"
* Inis-gueith, or Gueith.
6. It is fertilized by several rivers, which traverse it in all
directions, to the east and west, to the south and north; but there
are two pre-eminently distinguished among the rest, the Thames and the
Severn, which formerly, like the two arms of Britain, bore the ships
employed in the conveyance of riches acquired by commerce. The Britons
were once very populous, and exercised extensive dominion from sea to
sea.
10.* Respecting the period when this island became inhabited
subsequently to the flood, I have seen two distinct relations.
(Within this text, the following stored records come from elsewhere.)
/// What fails to be written: help is then a fault, and a status stays where its text can't be written.
#[test]
fn outputs_that_fail(rt: HostRuntime) -> Result<(), Fail> {
    for words in [HELP, PLAY_HELP] {
        let mut err = Vec::new(rt.alloc());
        let status = run(
            &rt,
            rt.alloc(),
            words,
            b"".as_slice(),
            &mut Broken,
            &mut err,
        );
        assert!(rt; status == FAULT && err.as_slice() == b"ssikvd: file fault\n".as_slice());
    }
    let reported = [
        (REFUSED, COMPACT, b"".as_slice()),
        (FAULT, CHECK_NONE, b""),
        (BAD_LINE, PLAY, b"x PING"),
        (FAULT, PLAY, b"1 PING"),
    ];
    for (expected, words, input) in reported {
        let status = run(&rt, rt.alloc(), words, input, &mut Broken, &mut Broken);
        assert!(rt; status == expected);
    }
    Ok(())
}

/// A writer that counts the calls that it takes.
#[derive(Drop)]
struct Counting {
    writes: u64,
}

impl Write for Counting {
    fn write(&mut self, from: &[u8]) -> io::Result<usize> {
        self.writes = self.writes.saturating_add(1);
        Ok(from.len())
    }

    fn flush(&mut self) -> io::Result<()> {
        Ok(())
    }
}

const CREATE_LINES: &[&str] = &["ssikvd", "create", "--data", "lines.data", "--sectors", "2"];

const CHECK_LINES: &[&str] = &["ssikvd", "check", "--data", "lines.data"];

/// Each line leaves in one write.
#[test]
fn one_write_a_line(rt: HostRuntime) -> Result<(), Fail> {
    let _ = fs::remove_file(&rt, "lines.data");
    assert!(rt;
        is_met(
            &rt,
            rt.alloc(),
            refused(CREATE_LINES, DONE, Expected::Nothing)
        )
    );
    let cases = [
        (CHECK_LINES, b"".as_slice(), 1, 0),
        (HELP, b"", 1, 0),
        (COMPACT, b"", 0, 1),
        (CHECK_NONE, b"", 0, 1),
        (PLAY, b"1 BEGIN\n1 RANGE a z\n10\n", 2, 1),
    ];
    for (words, input, lines, faults) in cases {
        let mut out = Counting { writes: 0 };
        let mut err = Counting { writes: 0 };
        let _ = run(&rt, rt.alloc(), words, input, &mut out, &mut err);
        assert!(rt; out.writes == lines && err.writes == faults);
    }
    fs::remove_file(&rt, "lines.data")?;
    Ok(())
}

/// What is reported of an ending whose text can't be written, or can.
#[test]
fn endings(rt: HostRuntime) -> Result<(), Fail> {
    let long = Fault::Damaged(u64::MAX);
    let mut err = Vec::new(rt.alloc());
    let reported = finish(&Ending::Failed(long), &mut Broken, &mut err);
    assert!(rt;
        reported
            == (Reported {
                status: FAULT,
                is_written: true
            })
    );
    assert!(rt; err.as_slice() == b"ssikvd: damaged record 18446744073709551615\n".as_slice());
    let reported = finish(
        &Ending::Failed(Fault::BadLine(u64::MAX)),
        &mut Broken,
        &mut Broken,
    );
    assert!(rt;
        reported
            == (Reported {
                status: BAD_LINE,
                is_written: false
            })
    );
    let reported = finish(&Ending::Done, &mut Broken, &mut Broken);
    assert!(rt;
        reported
            == (Reported {
                status: DONE,
                is_written: true
            })
    );
    Ok(())
}

/// A device in memory is formatted and counted as a file is.
#[test]
fn devices_in_memory(rt: HostRuntime) -> Result<(), Fail> {
    for (sectors, made) in [
        (0, Err(Fault::LogFull)),
        (1, Err(Fault::LogFull)),
        (2, Ok(())),
        (9, Ok(())),
    ] {
        let mut device = MemSectors::new(rt.alloc(), sectors)?;
        assert!(rt; format_device(&mut device) == made);
        let mut out = Vec::new(rt.alloc());
        let (counted, _) = check_device(rt.alloc(), device, &mut out);
        if made.is_ok() {
            let line = format!(in rt.alloc(); "records 0 keys 0 sectors 2 of {sectors}\n")?;
            assert!(rt; counted == Ok(()) && out.as_slice() == line.as_bytes());
        } else {
            assert!(rt; counted == Err(Fault::NotALog) && out.is_empty());
        }
    }
    let mut device = MemSectors::new(rt.alloc(), 2)?;
    assert!(rt; format_device(&mut device) == Ok(()));
    let (counted, _) = check_device(rt.alloc(), device, &mut Broken);
    assert!(rt; counted == Err(Fault::File));
    Ok(())
}

/// A server of which the store stops at a turn, and whose poll fails at another.
#[derive(Drop)]
struct Turning {
    turns: u64,
    stops_at: u64,
    fails_at: u64,
    kind: ErrorKind,
}

fn stopping_server(stops_at: u64, fails_at: u64, kind: ErrorKind) -> Turning {
    Turning {
        turns: 0,
        stops_at,
        fails_at,
        kind,
    }
}

impl Turns for Turning {
    type Hub = ();

    fn next_turn(&mut self) -> io::Result<()> {
        self.turns = self.turns.saturating_add(1);
        if self.turns == self.fails_at {
            return Err(self.kind.into());
        }
        Ok(())
    }

    fn is_stopped(&self) -> bool {
        self.turns >= self.stops_at
    }

    fn address(&self) -> io::Result<SocketAddr> {
        Err(ErrorKind::Other.into())
    }

    fn into_hub(self) {}
}

/// That the store has stopped is reported once, whether it stops at the first turn or later, or not at all where the poll fails before.
#[test]
fn a_stop_is_reported_once(rt: HostRuntime) -> Result<(), Fail> {
    let line = b"ssikvd: store stopped\n".as_slice();
    let cases = [
        (1, 9, line),
        (4, 9, line),
        (8, 9, line),
        (9, 9, b""),
        (1, 1, b""),
    ];
    for (stops_at, fails_at, text) in cases {
        for (kind, fault) in [
            (ErrorKind::Other, Fault::Poll),
            (ErrorKind::OutOfMemory, Fault::Memory),
        ] {
            let mut server = stopping_server(stops_at, fails_at, kind);
            let mut err = Vec::new(rt.alloc());
            let ended = serve_turns(&mut server, &mut err);
            assert!(rt; ended == Err(fault) && err.as_slice() == text && server.turns == fails_at);
        }
    }
    Ok(())
}

#[test]
fn a_stop_that_cannot_be_reported_ends_nothing(rt: HostRuntime) -> Result<(), Fail> {
    let mut server = stopping_server(2, 5, ErrorKind::Other);
    let mut err = Counting { writes: 0 };
    assert!(rt; serve_turns(&mut server, &mut err) == Err(Fault::Poll) && err.writes == 1);
    let mut server = stopping_server(2, 5, ErrorKind::Other);
    assert!(rt; serve_turns(&mut server, &mut Broken) == Err(Fault::Poll) && server.turns == 5);
    Ok(())
}

/// An opener that gives these numbers in turn, and then fails.
#[derive(Drop)]
struct Numbers<'a> {
    given: &'a [i32],
    at: usize,
}

impl Opener for Numbers<'_> {
    type File = i32;

    fn open(&mut self) -> io::Result<i32> {
        let Some(number) = self.given.get(self.at) else {
            return Err(ErrorKind::Other.into());
        };
        self.at = self.at.saturating_add(1);
        Ok(*number)
    }
}

/// Files are opened until one is above the standard streams, and the ones before it are kept.
#[test]
fn standard_streams(rt: HostRuntime) -> Result<(), Fail> {
    let cases = [
        ([3, 9].as_slice(), 0),
        ([7].as_slice(), 0),
        ([2, 3, 9].as_slice(), 1),
        ([1, 3, 9].as_slice(), 1),
        ([0, 2, 5, 9].as_slice(), 2),
        ([0, 1, 2, 3, 9].as_slice(), 3),
    ];
    for (given, kept) in cases {
        let mut numbers = Numbers { given, at: 0 };
        let files = keep_standard(&mut numbers)?;
        assert!(rt; files.len() == kept && numbers.at == files.len() + 1);
        for (file, number) in files.as_slice().iter().zip(given) {
            assert!(rt; *file == Some(*number));
        }
    }
    let failing = [
        [].as_slice(),
        [0].as_slice(),
        [0, 1, 2].as_slice(),
        [0, 1, 2, 2, 3].as_slice(),
    ];
    for given in failing {
        assert!(rt; keep_standard(&mut Numbers { given, at: 0 }).is_err());
    }
    Ok(())
}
According
to the annals of the Roman history, the Britons deduce their origin both
from the Greeks and Romans. On the side of the mother, from Lavinia, the
daughter of Latinus, king of Italy, and of the race of Silvanus, the son
of Inachus, the son of Dardanus; who was the son of Saturn, king of the
Greeks, and who, having possessed himself of a part of Asia, built the
city of Troy. Dardanus was the father of Troius, who was the father
of Priam and Anchises; Anchises was the father of Aeneas, who was the
father of Ascanius and Silvius; and this Silvius was the son of Aeneas
and Lavinia, the daughter of the king of Italy. From the sons of Aeneas
and Lavinia descended Romulus and Remus, who were the sons of the
holy queen Rhea, and the founders of Rome.